Sole Distribution Agreement Sample
A clearly written exclusive distribution agreement allows both parties to terminate the contract with an appropriate termination – for example 60 or 90 days – or in specific clearly defined circumstances. These provisions recognize that a company`s objectives on the first day may be significantly different from those of the first day of the seventh year. The post-termination clauses, which suggest how the relationship may expire, lay the groundwork for a new participation in the future. Well-written non-competition and confidentiality provisions serve a similar purpose. g. The obligations of the recipient party under this section 6 remain in the event of termination or non-renewal of that contract for a period of [number of years] of years. In order to avoid any doubt, the distributor`s client and negotiator lists are considered protected information under this agreement. A distribution agreement is a contractual agreement in which a distributor — also known as a distributor — agrees to market the products he buys from a supplier or manufacturer. The distribution company serves as both distributor and seller of the manufacturer`s products. An exclusive distribution agreement is an agreement in which the producer sells exclusively to a distributor.

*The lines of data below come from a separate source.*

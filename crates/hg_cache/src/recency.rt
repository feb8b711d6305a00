//! Keys in the order of their use.
ghost use Rattle.std.specs.Prelude.{◌≡◌, ◌<◌, nat_eq, true, [], ◌∷◌, length, slice_get, None, OnOk, OnErr, IfOk};
ghost use Rattle.std.specs.Map.{lookup, remove_entry};
ghost use Rattle.lru.specs.LruCache.{IsValid, last_entry, lru_cache, promoted};
ghost use Rattle.hg_cache.specs.Entries.{IsFree, behind, has_place};

use crate::node::{Node, clear_key, key, link, newer, older, set_key, unlink};
use std::alloc::{AllocError, Global};
use std::collections::HashMap;
use std::marker::Model;

/// How many hints there are.
const HINTS: usize = 16_384;

/// Keys in the order of their use. Each key has a place of its own, a small number.
///
/// A key is found by a hint: `hints` has a place for the last bits of each key. A wrong hint only costs a look-up in a map.
/// Contracts see each key with its place, the last used first.
#[derive(Drop)]
pub struct Recency {
    places: HashMap<u64, u32>,
    hints: Vec<u32>,
    // One node for each place, and one that closes the ring.
    nodes: Vec<Node>,
    count: u32,
    end: u32,
}

impl Model for Recency {
    ghost use Rattle.std.specs.Prelude.{ℕ};
    ghost use Rattle.lru.specs.LruCache.{LruCache as Entries, lru_cache};
    ghost use Rattle.hg_cache.specs.Rings.{followed, named};
    ghost use Rattle.hg_cache.specs.Sound.{IsSound};

    ghost Value = { Entries ℕ ℕ };

    ghost view = { λ r. lru_cache (named r.nodes.items (followed r.nodes.items r.end r.count)) r.end };

    ghost invariant = { λ r. IsSound r.nodes.items r.end (followed r.nodes.items r.end r.count) r.places.entries };
}

/// Where the hint of a key is.
#[inline]
fn slot(key: u64) -> usize {
    key as usize % HINTS
}

/// Where the key may be.
#[inline]
fn hint(hints: &Vec<u32>, key: u64) -> u32 {
    match hints.get(slot(key)) {
        Some(place) => *place,
        None => 0,
    }
}

/// Notes where a key is.
fn note(hints: &mut Vec<u32>, key: u64, place: u32) {
    if let Some(hint) = hints.get_mut(slot(key)) {
        *hint = place;
    }
}

impl Recency {
    /// No keys, with room for `most` keys. The places are the numbers below `most`.
    pub fn new(alloc: Global, most: u32) -> Result<Self, AllocError>
        requires some { 0 < most }
        ensures { IfOk result (λ r. r ≡ lru_cache [] most) }
    {
        let blank = Node {
            key: 0,
            newer: most,
            older: most,
            is_used: false,
        };
        Ok(Recency {
            places: HashMap::with_capacity(alloc, most as usize)?,
            hints: vec![in alloc; 0; HINTS]?,
            nodes: vec![in alloc; blank; most as usize + 1]?,
            count: 0,
            end: most,
        })
    }

    /// How many keys there are.
    pub fn len(&self) -> u32
        ensures len { result ≡ length self.now.entries }
        ensures valid { IsValid nat_eq self.now }
    {
        self.count
    }

    /// The greatest number of keys.
    pub fn most(&self) -> u32
        ensures { result ≡ self.now.cap }
    {
        self.end
    }

    /// The place of a key. The order of use stays.
    #[inline]
    pub fn place(&self, key: u64) -> Option<u32>
        ensures { result ≡ lookup (nat_eq key) self.now.entries }
    {
        let place = hint(&self.hints, key);
        if let Some(node) = self.nodes.get(place as usize) {
            if node.is_used && node.key == key {
                return Some(place);
            }
        }
        match self.places.get(&key) {
            Some(place) => Some(*place),
            None => None,
        }
    }

    /// The key used last, and its place.
    #[inline]
    pub fn newest(&self) -> Option<(u64, u32)>
        ensures { result ≡ slice_get self.now.entries 0 }
    {
        if self.count == 0 {
            return None;
        }
        let place = older(&self.nodes, self.end);
        Some((key(&self.nodes, place), place))
    }

    /// The key used least recently, and its place.
    pub fn oldest(&self) -> Option<(u64, u32)>
        ensures { result ≡ last_entry self.now.entries }
    {
        if self.count == 0 {
            return None;
        }
        let place = newer(&self.nodes, self.end);
        Some((key(&self.nodes, place), place))
    }

    /// The key used just before the key in this place, and its place.
    pub fn older(&self, place: u32) -> Option<(u64, u32)>
        requires { has_place place self.now.entries ≡ true }
        ensures { result ≡ behind place self.now.entries }
    {
        let place = older(&self.nodes, place);
        if place == self.end {
            return None;
        }
        Some((key(&self.nodes, place), place))
    }

    // Makes a key the one used last, wherever it stands.
    fn bring_first(&mut self, key: u64) -> Option<u32>
        ensures place { result ≡ lookup (nat_eq key) self.old.entries }
        ensures entries { self.new ≡ lru_cache (promoted (nat_eq key) self.old.entries) self.old.cap }
    {
        let place = self.place(key)?;
        unlink(&mut self.nodes, place);
        link(&mut self.nodes, self.end, place);
        Some(place)
    }

    /// Makes a key the one used last, and answers its place, or none. The key used last is tried first.
    #[inline(always)]
    pub fn promote(&mut self, key: u64) -> Option<u32>
        ensures place { result ≡ lookup (nat_eq key) self.old.entries }
        ensures entries { self.new ≡ lru_cache (promoted (nat_eq key) self.old.entries) self.old.cap }
    {
        if let Some((first, place)) = self.newest() {
            if first == key {
                return Some(place);
            }
        }
        self.bring_first(key)
    }

    /// Takes a key out, and answers the place that it had.
    pub fn remove(&mut self, key: u64) -> Option<u32>
        ensures place { result ≡ lookup (nat_eq key) self.old.entries }
        ensures entries { self.new ≡ lru_cache (remove_entry (nat_eq key) self.old.entries) self.old.cap }
    {
        let place = self.places.remove(&key)?;
        unlink(&mut self.nodes, place);
        clear_key(&mut self.nodes, place);
        self.count -= 1;
        Some(place)
    }

    /// Puts a new key into a free place, as the one used last.
    pub fn insert(&mut self, key: u64, place: u32) -> Result<(), AllocError>
        requires absent { lookup (nat_eq key) self.old.entries ≡ None }
        requires room { length self.old.entries < self.old.cap }
        requires within { place < self.old.cap }
        requires free { IsFree place self.old.entries }
        ensures entries { OnOk result (self.new ≡ lru_cache ((key, place) ∷ self.old.entries) self.old.cap) }
        ensures refused { OnErr result (self.new ≡ self.old) }
    {
        self.places.insert(key, place)?;
        set_key(&mut self.nodes, place, key);
        link(&mut self.nodes, self.end, place);
        self.count += 1;
        note(&mut self.hints, key, place);
        Ok(())
    }
}
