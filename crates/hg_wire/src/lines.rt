//! The lines that a program prints beside those of reports, without their line feeds.

ghost use Rattle.std.specs.Prelude.{◌≡◌, ◌++◌, OnOk, OnErr};
ghost use Rattle.std.specs.Fmt.{decimal};
ghost use Rattle.hg_wire.specs.Reports.{bad_line, predecessors_text, refused_line, segment_front, segment_line};

use crate::report::{put_all, put_number_after};
use hg_model::segment::Segment;
use itoa::Buffer;
use std::alloc::AllocError;

/// Appends `refused line N code C`: the number of the event's line, and the refusal's code.
/// An `Err` leaves `out` as it was.
pub fn put_refused_line(line: u64, code: u8, out: &mut Vec<u8>) -> Result<(), AllocError>
    ensures ok { OnOk result (out.new.items ≡ out.old.items ++ refused_line line code) }
    ensures err { OnErr result (out.new.items ≡ out.old.items) }
{
    let mut first = Buffer::new();
    let mut second = Buffer::new();
    let pieces = [
        b"refused line ".as_slice(),
        first.format(line).as_bytes(),
        b" code ".as_slice(),
        second.format(code).as_bytes(),
    ];
    put_all(&pieces, out)
}

/// Appends `bad line N`, for a line that was not understood. An `Err` leaves `out` as it was.
pub fn put_bad_line(line: u64, out: &mut Vec<u8>) -> Result<(), AllocError>
    ensures ok { OnOk result (out.new.items ≡ out.old.items ++ bad_line line) }
    ensures err { OnErr result (out.new.items ≡ out.old.items) }
{
    put_number_after(b"bad line ", line, out)
}

/// Appends `segment N thread T after P`, where P lists the predecessors. Segments are numbered from 0 in the order of opening.
/// An `Err` leaves `out` as it was.
pub fn put_segment_line(number: u64, segment: &Segment, out: &mut Vec<u8>) -> Result<(), AllocError>
    ensures ok { OnOk result (out.new.items ≡ out.old.items ++ segment_line number segment.now) }
    ensures err { OnErr result (out.new.items ≡ out.old.items) }
{
    let len = out.len();
    put_segment_front(number, segment.thread, out)?;
    let before = put_predecessors(segment.before.as_slice(), out);
    if before.is_err() {
        out.truncate(len);
    }
    before
}

/// Appends a segment's line up to its predecessors. An `Err` changes nothing.
fn put_segment_front(number: u64, thread: u16, out: &mut Vec<u8>) -> Result<(), AllocError>
    ensures ok { OnOk result (out.new.items ≡ out.old.items ++ segment_front number thread) }
    ensures err { OnErr result (out.new.items ≡ out.old.items) }
{
    let mut first = Buffer::new();
    let mut second = Buffer::new();
    let pieces = [
        b"segment ".as_slice(),
        first.format(number).as_bytes(),
        b" thread ".as_slice(),
        second.format(thread).as_bytes(),
        b" after ".as_slice(),
    ];
    put_all(&pieces, out)
}

/// Appends the segments in decimal, with a comma between each two, or a hyphen for none. An `Err` changes nothing.
fn put_predecessors(before: &[u32], out: &mut Vec<u8>) -> Result<(), AllocError>
    ensures ok { OnOk result (out.new.items ≡ out.old.items ++ predecessors_text before.now) }
    ensures err { OnErr result (out.new.items ≡ out.old.items) }
{
    let [first, others @ ..] = before else {
        return out.extend_from_slice(b"-");
    };
    let len = out.len();
    put_number_after(b"", u64::from(*first), out)?;
    for number in others {
        if let Err(error) = put_number_after(b",", u64::from(*number), out) {
            out.truncate(len);
            return Err(error);
        }
    }
    Ok(())
}
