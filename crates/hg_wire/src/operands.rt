//! The operands that follow a verb.

ghost use Rattle.std.specs.Prelude.{◌+◌, ◌≤◌, [], ◌∷◌, length, drop, IfSome};
ghost use Rattle.hg_wire.specs.InFront.{HasOperands, IsOperand};

use crate::number::{number_at, short_number_at};

/// A space and a number of 64 bits at a place, and where they end.
#[inline(always)]
pub(crate) fn long_at(bytes: &[u8], from: usize) -> Option<(u64, usize)>
    requires { from + 20 ≤ length bytes.now }
    ensures operand { IfSome result (λ found. IsOperand 64 bytes.now from found.0 found.1) }
    ensures near { IfSome result (λ found. found.1 ≤ from + 20) }
{
    if bytes[from] != b' ' {
        return None;
    }
    number_at(bytes, from + 1)
}

/// A space and a number of 16 bits, spelled by few digits, at a place, and where they end.
#[inline(always)]
pub(crate) fn short_at(bytes: &[u8], from: usize) -> Option<(u16, usize)>
    requires { from + 7 ≤ length bytes.now }
    ensures operand { IfSome result (λ found. IsOperand 16 bytes.now from found.0 found.1) }
    ensures near { IfSome result (λ found. found.1 ≤ from + 7) }
{
    if bytes[from] != b' ' {
        return None;
    }
    let (value, end) = short_number_at(bytes, from + 1)?;
    if value > 0xffff {
        return None;
    }
    Some((value as u16, end))
}
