//! The lines of a stream that comes in pieces.

ghost use Rattle.std.specs.Prelude.{◌≡◌, ◌+◌, ◌<◌, ◌^◌, [], IfOk, IfSome, IfNone, IsTrue, ◌↔◌, length};
ghost use Rattle.std.specs.Bool.{OnTrue, OnFalse};

use crate::begun::BegunLine;
use memchr::memchr;
use std::alloc::{AllocError, Global};
use std::marker::Model;
use std::mem;

/// Divides a stream into its lines, however it is cut into pieces (this project's profile).
/// A line is shown by its first 257 bytes at most, without its line feed and without one carriage return before that.
/// Once it is made, a splitter takes no memory.
#[derive(Drop)]
pub struct Splitter {
    lines: u64,
    line: BegunLine,
    last: BegunLine,
}

impl Model for Splitter {
    ghost use Rattle.std.specs.Prelude.{take};
    ghost use Rattle.std.specs.Str.Lines.{strip_carriage_return};
    ghost use Rattle.hg_wire.specs.Bytes.{NoByte};
    ghost use Rattle.hg_wire.specs.Streams.{Splitting};

    ghost Value = { Splitting };

    ghost view = { λ s. record { so_far = record { lines = s.lines; begun = s.line }; last = take 257 (strip_carriage_return s.last) } };

    ghost invariant = { λ s. NoByte 10 s.line };
}

impl Splitter {
    ghost use Rattle.std.specs.Prelude.{true};
    ghost use Rattle.hg_wire.specs.Streams.{at_start, counted_on, line_ended, lines_from, EndsLine, EndsNoLine, EndsLastLine};

    /// A splitter at the start of a stream.
    pub fn new(alloc: Global) -> Result<Self, AllocError>
        ensures { IfOk result (λ splitter. splitter.so_far ≡ at_start) }
    {
        Ok(Splitter {
            lines: 0,
            line: BegunLine::new(alloc)?,
            last: BegunLine::new(alloc)?,
        })
    }

    /// How many lines have ended.
    #[inline(always)]
    pub fn lines(&self) -> u64
        ensures { result ≡ self.now.so_far.lines }
    {
        self.lines
    }

    /// The last line that has ended, as it is shown.
    pub fn last(&self) -> &[u8]
        ensures { result.now ≡ self.now.last }
    {
        self.last.shown()
    }

    /// Whether the stream stands at the beginning of a line.
    #[inline(always)]
    pub fn is_between_lines(&self) -> bool
        ensures { IsTrue result ↔ (self.now.so_far.begun ≡ []) }
    {
        self.line.is_empty()
    }

    /// Counts a whole line that was taken from the stream elsewhere, from its beginning on.
    #[inline(always)]
    pub fn count_line(&mut self)
        requires { self.old.so_far.lines + 1 < 2 ^ 64 }
        ensures { self.new ≡ counted_on 1 self.old }
    {
        self.lines += 1;
    }

    /// Counts whole lines that were taken from the stream elsewhere, from the beginning of a line on.
    #[inline(always)]
    pub fn count_lines(&mut self, count: u64)
        requires { self.old.so_far.lines + count < 2 ^ 64 }
        ensures { self.new ≡ counted_on count self.old }
    {
        self.lines += count;
    }

    /// Goes back to the start of a stream, and keeps its memory.
    pub fn reset(&mut self)
        ensures { self.new.so_far ≡ at_start }
    {
        self.lines = 0;
        self.line.clear();
    }

    /// Takes the piece up to and including its first line feed, which ends a line. Takes all of it where it has none.
    /// Where a line has ended, the answer is the number of bytes that were taken.
    pub fn take(&mut self, piece: &[u8]) -> Option<usize>
        requires { self.old.so_far.lines + length piece.now < 2 ^ 64 }
        ensures line { IfSome result (EndsLine self.old self.new piece.now) }
        ensures none { IfNone result (EndsNoLine self.old self.new piece.now) }
    {
        match memchr(b'\n', piece) {
            None => {
                self.line.push(piece);
                None
            }
            Some(end) => {
                self.line.push(&piece[..end]);
                self.end_line();
                Some(end + 1)
            }
        }
    }

    /// At the end of a stream, ends a line that lacks its line feed. Answers whether there was one.
    pub fn finish(&mut self) -> bool
        requires { self.old.so_far.lines + 1 < 2 ^ 64 }
        ensures line { OnTrue result (EndsLastLine self.old self.new) }
        ensures none { OnFalse result ((self.new ≡ self.old) × (lines_from true self.old.so_far [] ≡ [])) }
    {
        if self.line.is_empty() {
            return false;
        }
        self.end_line();
        true
    }

    fn end_line(&mut self)
        requires { self.old.so_far.lines + 1 < 2 ^ 64 }
        ensures { self.new ≡ line_ended self.old }
    {
        mem::swap(&mut self.line, &mut self.last);
        self.line.clear();
        self.count_line();
    }
}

Exclusive distribution agreements are used in many sectors, including media and entertainment, medical care, electronics and clothing. In the event of termination of this agreement for any reason, the following provisions apply: (a) the supplier has the right to immediately appoint another distributor to serve existing customers and to continue sales efforts in the territory; (b) the supplier may continue to fulfill the distributor`s orders that were accepted by the supplier prior to the termination of this contract pursuant to the terms of this agreement; (c) all balances owed by the distributor to the supplier are due immediately and must be paid to the supplier; (d) Both parties refrain at any time from any conduct that is inconsistent with the nature of their business relationship or that could cause confusion; (e) all rights granted to the distributor under this contract are extinguished and, if necessary, reset to the supplier; and (f) The supplier has the right, at its sole discretion, but is under no obligation (if required by law) to verify and repurchase all or quantity of the supplier`s products (including demonstration products and parts for the service of supplier products), which are then owned or ordered, to a lesser extent (i) of the initial price paid by the distributor for these supplier products. , or (ii) at the current price at the distributor and at (i) or (ii), net of any cost of filling or remediation. The relationship between a manufacturer or supplier and its distributor is essential to the success of both companies. Each party to this agreement relies heavily on the other, but rarely do such relations remain unchanged, even if they work well. If it is an exclusive agreement, the exclusive distributor agreement should be carefully developed to meet the needs of both parties while allowing sufficient flexibility to accommodate the inevitable changes in objectives and priorities. This agreement and the attached statement (which is expressly included in this reference) contain the full and comprehensive agreement between the parties regarding the purpose of this agreement.